It seems like there’s a new form of malware every week, and right now, the big deal is Petya, a nasty little script. So what can you do to stay protected?
Security is perpetually a big deal in our modern world, but when a virus arrives that has the potential to destroy your computer and lock down your livelihood, it’s time more than ever to take things seriously.
And for many people, that time may well be this week, as a new variant of a form of malware that has been around since early last year arrives, here to wreak damage and literally kill a machine.
It’s not often we see viruses or scripts that have the potential to do this, but for we’re not exaggerating this one, as a new variant of the Petya ransomware can not only encrypt your computer’s master boot record, but it can also make the disk hard to read, making it very difficult for people to recover what’s on the drive.

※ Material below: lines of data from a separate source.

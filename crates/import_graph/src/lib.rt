//! The order of modules by their imports.
#![tactic(auto)]

mod crawling;
pub mod entries;
mod entry;
mod faults;
mod folding;
mod found;
mod heads;
mod known;
pub mod laws;
pub mod module_fold_laws;
pub mod module_graph_laws;
pub mod module_heads_laws;
mod numbers;
mod ordering;
pub mod places;
mod reader;
mod walk;
mod work;

pub use crawling::{CrawlEnd, Graph, crawl};
pub use folding::fold;
pub use found::Found;
pub use heads::{Heads, imports};
pub use ordering::{OrderError, order};
pub use reader::{Reader, Written};
pub use walk::{Import, Module, ReachError, reach};
pub use work::Work;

To put that into an easy way of being understood, imagine a file that basically tells your computer where your operating system and important files are stored, because that’s your master boot record, or “MBR”. Every computer has one, and that’s precisely what Petya targets. Where this new variant goes further, however, is to lock down the hard drive, making recovery of other files very, very hard.
Locking down is the part that makes the virus makers money, because you can either have your files encrypted, or you can pay a ransom in order to unlock them, but while ransomware normally encrypts important or regularly used files, this nasty exploit is basically a locking system for your computer and hard drive, pushing that ransom more aggressively.
McAfee’s security team has the proper technical bits and bobs if you’re into that sort of thing, but one of the important things to note about this new variant of Petya is that it’s not being targeted solely at corporations and business, with regular folks also part of the attack pattern.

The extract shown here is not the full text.